On May 12 two other members of the Senate Judiciary Committee — Sens. Amy Klobuchar (D-Minn.) and John Cornyn (R-Texas) — introduced S. 978, a bill designed "to amend the criminal penalty provision for criminal infringement of a copyright" so that streaming content online can be treated as felony infringement in the same way as uploading and downloading content. The bill is in alignment with one of the Intellectual Property Enforcement Coordinator Victoria Espinel's legislative recommendations issued in March. MPAA Executive VP for Government Affairs Michael O'Leary said, "We thank Senators Klobuchar and Cornyn for introducing this important legislation to standardize the legal treatment of online content theft and helping ensure that federal law keeps pace with the changing face of criminal activity."
The jury trial to determine damages between record label plaintiffs and former file-sharing service LimeWire, which had previously been convicted of infringement, began earlier this month. On May 12 the RIAA announced that a $105 million out-of-court settlement was reached, including personal liability of the service's founder. RIAA Chairman/CEO Mitch Bainwol said, "The resolution of this case is another milestone in the continuing evolution of online music to a legitimate marketplace that appropriately rewards creators." The size of the settlement is also an indication of how lucrative running a popular and infringing peer-to-peer website can be.
On May 5 Web browser Mozilla's General Counsel Harvey Anderson blogged regarding a phone call last month from the Department of Homeland Security requesting that a third-party browser plug-in called MafiaaFire be removed. The plug-in automatically redirects users to file-sharing or linking services that the government determined were infringing — a redirection made necessary by DHS court-ordered seizure of the websites' previously popular domain names. Critics of domain-name seizures argued that method was easily defeated and MafiaaFire was created in part to illustrate that point. Mozilla requested further information from DHS and in the absence of a court order was unwilling to remove the software. Mafiaa is the software developers' invented acronym for the "Music and Film Industry Association of America."

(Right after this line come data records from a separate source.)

/// Of the rows, and of the lines of `table/core.txt` behind them, each named beside its extension.
// table/write.py: extensions
static EXTENSIONS: [Option<Extension>; 584] = [
    None, // lock_addb_mi
    None, // lock_addw_mi
    None, // lock_addl_mi
    None, // lock_addq_mi_sxl
    None, // lock_addl_mi_sxb
    None, // lock_addq_mi_sxb
    None, // lock_addb_mr
    None, // lock_addw_mr
    None, // lock_addl_mr
    None, // lock_addq_mr
    None, // lock_orb_mi
    None, // lock_orw_mi
    None, // lock_orl_mi
    None, // lock_orq_mi_sxl
    None, // lock_orl_mi_sxb
    None, // lock_orq_mi_sxb
    None, // lock_orb_mr
    None, // lock_orw_mr
    None, // lock_orl_mr
    None, // lock_orq_mr
    None, // lock_adcb_mi
    None, // lock_adcw_mi
    None, // lock_adcl_mi
    None, // lock_adcq_mi_sxl
    None, // lock_adcl_mi_sxb
    None, // lock_adcq_mi_sxb
    None, // lock_adcb_mr
    None, // lock_adcw_mr
    None, // lock_adcl_mr
    None, // lock_adcq_mr
    None, // lock_sbbb_mi
    None, // lock_sbbw_mi
    None, // lock_sbbl_mi
    None, // lock_sbbq_mi_sxl
    None, // lock_sbbl_mi_sxb
    None, // lock_sbbq_mi_sxb
    None, // lock_sbbb_mr
    None, // lock_sbbw_mr
    None, // lock_sbbl_mr
    None, // lock_sbbq_mr
    None, // lock_andb_mi
    None, // lock_andw_mi
    None, // lock_andl_mi
    None, // lock_andq_mi_sxl
    None, // lock_andl_mi_sxb
    None, // lock_andq_mi_sxb
    None, // lock_andb_mr
    None, // lock_andw_mr
    None, // lock_andl_mr
    None, // lock_andq_mr
    None, // lock_subb_mi
    None, // lock_subw_mi
    None, // lock_subl_mi
    None, // lock_subq_mi_sxl
    None, // lock_subl_mi_sxb
    None, // lock_subq_mi_sxb
    None, // lock_subb_mr
    None, // lock_subw_mr
    None, // lock_subl_mr
    None, // lock_subq_mr
    None, // lock_xorb_mi
    None, // lock_xorw_mi
    None, // lock_xorl_mi
    None, // lock_xorq_mi_sxl
    None, // lock_xorl_mi_sxb
    None, // lock_xorq_mi_sxb
    None, // lock_xorb_mr
    None, // lock_xorw_mr
    None, // lock_xorl_mr
    None, // lock_xorq_mr
    None, // lock_xaddb_mr
    None, // lock_xaddw_mr
    None, // lock_xaddl_mr
    None, // lock_xaddq_mr
    None, // lock_cmpxchgb_mr
    None, // lock_cmpxchgw_mr
    None, // lock_cmpxchgl_mr
    None, // lock_cmpxchgq_mr
    Some(Extension::Cmpxchg16b), // lock_cmpxchg16b_m
    None, // xchgb_rm
    None, // xchgw_rm
    None, // xchgl_rm
    None, // xchgq_rm
    None, // rolb_m1
    None, // rolw_m1
    None, // roll_m1
    None, // rolq_m1
    None, // rorb_m1
    None, // rorw_m1
    None, // rorl_m1
    None, // rorq_m1
    None, // shlb_m1
    None, // shlw_m1
    None, // shll_m1
    None, // shlq_m1
    None, // shrb_m1
    None, // shrw_m1
    None, // shrl_m1
    None, // shrq_m1
    None, // sarb_m1
    None, // sarw_m1
    None, // sarl_m1
    None, // sarq_m1
    None, // callq_m
    None, // jmpq_m
    Some(Extension::Sse), // andps_a
    Some(Extension::Sse), // cmpps_a
    Some(Extension::Sse2), // cmppd_a
    Some(Extension::Sse), // cmpss_a
    Some(Extension::Sse2), // cmpsd_a
    None, // andb_i
    None, // callq_d
    None, // jmp_d8
    None, // jmp_d32
    None, // jo_d8
    None, // jno_d8
    None, // jb_d8
    None, // jae_d8
    None, // je_d8
    None, // jne_d8
    None, // jbe_d8
    None, // ja_d8
    None, // js_d8
    None, // jns_d8
    None, // jp_d8
    None, // jnp_d8
    None, // jl_d8
    None, // jge_d8
    None, // jle_d8
    None, // jg_d8
    None, // jo_d32
    None, // jno_d32
    None, // jb_d32
    None, // jae_d32
    None, // je_d32
    None, // jne_d32
    None, // jbe_d32
    None, // ja_d32
    None, // js_d32
    None, // jns_d32
    None, // jp_d32
    None, // jnp_d32
    None, // jl_d32
    None, // jge_d32
    None, // jle_d32
    None, // jg_d32
    Some(Extension::Avx), // vcmpps_b
    Some(Extension::Avx), // vcmppd_b
    Some(Extension::Avx), // vcmpss_b
    Some(Extension::Avx), // vcmpsd_b
    Some(Extension::Avx), // vcvtpd2ps_a
    Some(Extension::Avx), // vcvttpd2dq_a
    Some(Extension::Bmi2), // mulxl_rvm
    Some(Extension::Bmi2), // mulxq_rvm
    None, // nop_1b
    None, // nop_2b
    None, // nopl_rm
    None, // nopw_rm
    None, // addb_i
    None, // addb_mi
    None, // addb_mr
    None, // addb_rm
    None, // addw_i
    None, // addw_mi
    None, // addw_mr
    None, // addw_rm
    None, // addl_i
    None, // addl_mi
    None, // addl_mi_sxb
    None, // addl_mr
    None, // addl_rm
    None, // addq_mi_sxl
    None, // addq_mi_sxb
    None, // addq_mr
    None, // addq_rm
    None, // orb_i
    None, // orb_mi
    None, // orb_mr
    None, // orb_rm
    None, // orw_i
    None, // orw_mi
    None, // orw_mr
    None, // orw_rm
    None, // orl_i
    None, // orl_mi
    None, // orl_mi_sxb
    None, // orl_mr
    None, // orl_rm
    None, // orq_mi_sxl
    None, // orq_mi_sxb
    None, // orq_mr
    None, // orq_rm
    None, // adcb_i
    None, // adcb_mi
    None, // adcb_mr
    None, // adcb_rm
    None, // adcw_i
    None, // adcw_mi
    None, // adcw_mr
    None, // adcw_rm
    None, // adcl_i
    None, // adcl_mi
    None, // adcl_mi_sxb
    None, // adcl_mr
    None, // adcl_rm
    None, // adcq_mi_sxl
    None, // adcq_mi_sxb
    None, // adcq_mr
    None, // adcq_rm
    None, // sbbb_i
    None, // sbbb_mi
    None, // sbbb_mr
    None, // sbbb_rm
    None, // sbbw_i
    None, // sbbw_mi
    None, // sbbw_mr
    None, // sbbw_rm
    None, // sbbl_i
    None, // sbbl_mi
    None, // sbbl_mi_sxb
    None, // sbbl_mr
    None, // sbbl_rm
    None, // sbbq_mi_sxl
    None, // sbbq_mi_sxb
    None, // sbbq_mr
    None, // sbbq_rm
    None, // andb_mi
    None, // andb_mr
    None, // andb_rm
    None, // andw_i
    None, // andw_mi
    None, // andw_mr
    None, // andw_rm
    None, // andl_i
    None, // andl_mi
    None, // andl_mi_sxb
    None, // andl_mr
    None, // andl_rm
    None, // andq_mi_sxl
    None, // andq_mi_sxb
    None, // andq_mr
    None, // andq_rm
    None, // subb_i
    None, // subb_mi
    None, // subb_mr
    None, // subb_rm
    None, // subw_i
    None, // subw_mi
    None, // subw_mr
    None, // subw_rm
    None, // subl_i
    None, // subl_mi
    None, // subl_mi_sxb
    None, // subl_mr
    None, // subl_rm
    None, // subq_mi_sxl
    None, // subq_mi_sxb
    None, // subq_mr
    None, // subq_rm
    None, // xorb_i
    None, // xorb_mi
    None, // xorb_mr
    None, // xorb_rm
    None, // xorw_i
    None, // xorw_mi
    None, // xorw_mr
    None, // xorw_rm
    None, // xorl_i
    None, // xorl_mi
    None, // xorl_mi_sxb
    None, // xorl_mr
    None, // xorl_rm
    None, // xorq_mi_sxl
    None, // xorq_mi_sxb
    None, // xorq_mr
    None, // xorq_rm
    None, // cmpb_i
    None, // cmpb_mi
    None, // cmpb_mr
    None, // cmpb_rm
    None, // cmpw_i
    None, // cmpw_mi
    None, // cmpw_mr
    None, // cmpw_rm
    None, // cmpl_i
    None, // cmpl_mi
    None, // cmpl_mi_sxb
    None, // cmpl_mr
    None, // cmpl_rm
    None, // cmpq_mi_sxl
    None, // cmpq_mi_sxb
    None, // cmpq_mr
    None, // cmpq_rm
    None, // testb_i
    None, // testb_mi
    None, // testb_mr
    None, // testw_i
    None, // testw_mi
    None, // testw_mr
    None, // testl_i
    None, // testl_mi
    None, // testl_mr
    None, // testq_mi_sxl
    None, // testq_mr
    None, // movb_mr
    None, // movb_rm
    None, // movb_mi
    None, // movw_mr
    None, // movw_rm
    None, // movw_mi
    None, // movl_mr
    None, // movl_rm
    None, // movl_mi
    None, // movq_mr
    None, // movq_rm
    None, // movq_mi_sxl
    None, // movsbw_rm
    None, // movsbl_rm
    None, // movsbq_rm
    None, // movswl_rm
    None, // movswq_rm
    None, // movslq_rm
    None, // movzbw_rm
    None, // movzbl_rm
    None, // movzbq_rm
    None, // movzwl_rm
    None, // movzwq_rm
    None, // leaw_rm
    None, // leal_rm
    None, // leaq_rm
    None, // mulb_m
    None, // mulw_m
    None, // mull_m
    None, // mulq_m
    None, // imulb_m
    None, // imulw_m
    None, // imull_m
    None, // imulq_m
    None, // imulw_rm
    None, // imulw_rmi_sxb
    None, // imulw_rmi
    None, // imull_rm
    None, // imull_rmi_sxb
    None, // imull_rmi
    None, // imulq_rm
    None, // imulq_rmi_sxb
    None, // imulq_rmi_sxl
    None, // divb_m
    None, // divw_m
    None, // divl_m
    None, // divq_m
    None, // idivb_m
    None, // idivw_m
    None, // idivl_m
    None, // idivq_m
    None, // notb_m
    None, // notw_m
    None, // notl_m
    None, // notq_m
    None, // negb_m
    None, // negw_m
    None, // negl_m
    None, // negq_m
    None, // cbtw_zo
    None, // cwtl_zo
    None, // cwtd_zo
    None, // cltd_zo
    None, // rolb_mc
    None, // rolb_mi
    None, // rolw_mc
    None, // rolw_mi
    None, // roll_mc
    None, // roll_mi
    None, // rolq_mc
    None, // rolq_mi
    None, // rorb_mc
    None, // rorb_mi
    None, // rorw_mc
    None, // rorw_mi
    None, // rorl_mc
    None, // rorl_mi
    None, // rorq_mc
    None, // rorq_mi
    None, // shlb_mc
    None, // shlb_mi
    None, // shlw_mc
    None, // shlw_mi
    None, // shll_mc
    None, // shll_mi
    None, // shlq_mc
    None, // shlq_mi
    None, // shrb_mc
    None, // shrb_mi
    None, // shrw_mc
    None, // shrw_mi
    None, // shrl_mc
    None, // shrl_mi
    None, // shrq_mc
    None, // shrq_mi
    None, // sarb_mc
    None, // sarb_mi
    None, // sarw_mc
    None, // sarw_mi
    None, // sarl_mc
    None, // sarl_mi
    None, // sarq_mc
    None, // sarq_mi
    None, // shldw_mri
    None, // shldw_mrc
    None, // shldl_mri
    None, // shldl_mrc
    None, // shldq_mri
    None, // shldq_mrc
    None, // seto_m
    None, // setno_m
    None, // setb_m
    None, // setae_m
    None, // sete_m
    None, // setne_m
    None, // setbe_m
    None, // seta_m
    None, // sets_m
    None, // setns_m
    None, // setp_m
    None, // setnp_m
    None, // setl_m
    None, // setge_m
    None, // setle_m
    None, // setg_m
    None, // cmovow_rm
    None, // cmovol_rm
    None, // cmovoq_rm
    None, // cmovnow_rm
    None, // cmovnol_rm
    None, // cmovnoq_rm
    None, // cmovbw_rm
    None, // cmovbl_rm
    None, // cmovbq_rm
    None, // cmovaew_rm
    None, // cmovael_rm
    None, // cmovaeq_rm
    None, // cmovew_rm
    None, // cmovel_rm
    None, // cmoveq_rm
    None, // cmovnew_rm
    None, // cmovnel_rm
    None, // cmovneq_rm
    None, // cmovbew_rm
    None, // cmovbel_rm
    None, // cmovbeq_rm
    None, // cmovaw_rm
    None, // cmoval_rm
    None, // cmovaq_rm
    None, // cmovsw_rm
    None, // cmovsl_rm
    None, // cmovsq_rm
    None, // cmovnsw_rm
    None, // cmovnsl_rm
    None, // cmovnsq_rm
    None, // cmovpw_rm
    None, // cmovpl_rm
    None, // cmovpq_rm
    None, // cmovnpw_rm
    None, // cmovnpl_rm
    None, // cmovnpq_rm
    None, // cmovlw_rm
    None, // cmovll_rm
    None, // cmovlq_rm
    None, // cmovgew_rm
    None, // cmovgel_rm
    None, // cmovgeq_rm
    None, // cmovlew_rm
    None, // cmovlel_rm
    None, // cmovleq_rm
    None, // cmovgw_rm
    None, // cmovgl_rm
    None, // cmovgq_rm
    None, // pushw_m
    None, // pushq_m
    None, // pushq_i8
    None, // pushw_i16
    None, // pushq_i32
    None, // popw_m
    None, // popq_m
    None, // retq_zo
    None, // retq_i
    None, // leaveq_zo
    None, // ud2_zo
    None, // int3_zo
    None, // hlt_zo
    None, // bsfw_rm
    None, // bsrw_rm
    None, // bsfl_rm
    None, // bsrl_rm
    None, // bsfq_rm
    None, // bsrq_rm
    Some(Extension::Bmi1), // tzcntw_rm
    Some(Extension::Lzcnt), // lzcntw_rm
    Some(Extension::Popcnt), // popcntw_rm
    Some(Extension::Bmi1), // tzcntl_rm
    Some(Extension::Lzcnt), // lzcntl_rm
    Some(Extension::Popcnt), // popcntl_rm
    Some(Extension::Bmi1), // tzcntq_rm
    Some(Extension::Lzcnt), // lzcntq_rm
    Some(Extension::Popcnt), // popcntq_rm
    None, // btw_mr
    None, // btw_mi
    None, // btl_mr
    None, // btl_mi
    None, // btq_mr
    None, // btq_mi
    None, // xaddb_mr
    None, // cmpxchgb_mr
    None, // xaddw_mr
    None, // cmpxchgw_mr
    None, // xaddl_mr
    None, // cmpxchgl_mr
    None, // xaddq_mr
    None, // cmpxchgq_mr
    Some(Extension::Cmpxchg16b), // cmpxchg16b_m
    Some(Extension::Sse), // addss_a
    Some(Extension::Sse2), // addsd_a
    Some(Extension::Sse), // mulss_a
    Some(Extension::Sse2), // mulsd_a
    Some(Extension::Sse), // subss_a
    Some(Extension::Sse2), // subsd_a
    Some(Extension::Sse), // minss_a
    Some(Extension::Sse2), // minsd_a
    Some(Extension::Sse), // divss_a
    Some(Extension::Sse2), // divsd_a
    Some(Extension::Sse), // maxss_a
    Some(Extension::Sse2), // maxsd_a
    Some(Extension::Sse), // sqrtss_a
    Some(Extension::Sse2), // sqrtsd_a
    Some(Extension::Sse), // ucomiss_a
    Some(Extension::Sse2), // ucomisd_a
    Some(Extension::Sse2), // andpd_a
    Some(Extension::Sse), // andnps_a
    Some(Extension::Sse2), // andnpd_a
    Some(Extension::Sse), // orps_a
    Some(Extension::Sse2), // orpd_a
    Some(Extension::Sse), // xorps_a
    Some(Extension::Sse2), // xorpd_a
    Some(Extension::Sse2), // pxor_a
    Some(Extension::Sse), // movss_a_m
    Some(Extension::Sse), // movss_c_m
    Some(Extension::Sse2), // movsd_a_m
    Some(Extension::Sse2), // movsd_c_m
    Some(Extension::Sse), // movaps_a
    Some(Extension::Sse), // movaps_b
    Some(Extension::Sse2), // movapd_a
    Some(Extension::Sse2), // movapd_b
    Some(Extension::Sse), // movups_a
    Some(Extension::Sse), // movups_b
    Some(Extension::Sse2), // movupd_a
    Some(Extension::Sse2), // movupd_b
    Some(Extension::Sse2), // movdqa_a
    Some(Extension::Sse2), // movdqa_b
    Some(Extension::Sse2), // movdqu_a
    Some(Extension::Sse2), // movdqu_b
    Some(Extension::Sse2), // movd_a
    Some(Extension::Sse2), // movq_a
    Some(Extension::Sse2), // movd_b
    Some(Extension::Sse2), // movq_b
    Some(Extension::Sse), // cvtsi2ssl_a
    Some(Extension::Sse), // cvtss2sil_a
    Some(Extension::Sse), // cvttss2sil_a
    Some(Extension::Sse), // cvtsi2ssq_a
    Some(Extension::Sse), // cvtss2siq_a
    Some(Extension::Sse), // cvttss2siq_a
    Some(Extension::Sse2), // cvtsi2sdl_a
    Some(Extension::Sse2), // cvtsd2sil_a
    Some(Extension::Sse2), // cvttsd2sil_a
    Some(Extension::Sse2), // cvtsi2sdq_a
    Some(Extension::Sse2), // cvtsd2siq_a
    Some(Extension::Sse2), // cvttsd2siq_a
    Some(Extension::Sse2), // cvtss2sd_a
    Some(Extension::Sse2), // cvtsd2ss_a
    Some(Extension::Sse2), // cvtps2pd_a
    Some(Extension::Sse2), // cvtpd2ps_a
    Some(Extension::Sse2), // cvtdq2ps_a
    Some(Extension::Sse2), // cvttps2dq_a
    Some(Extension::Sse2), // cvtdq2pd_a
    Some(Extension::Sse2), // cvttpd2dq_a
];
// table/write.py: end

U.S. Copyright Group notified Washington D.C.'s U.S. District Court earlier this month that it is prepared to subpoena the personal information of more than 23,000 alleged infringers on behalf of plaintiff Nu Image, producers of the illegally downloaded film in question, The Expendables. The number is believed to be a record for the law firm's technique of suing thousands of John Doe defendants for infringement within a single lawsuit.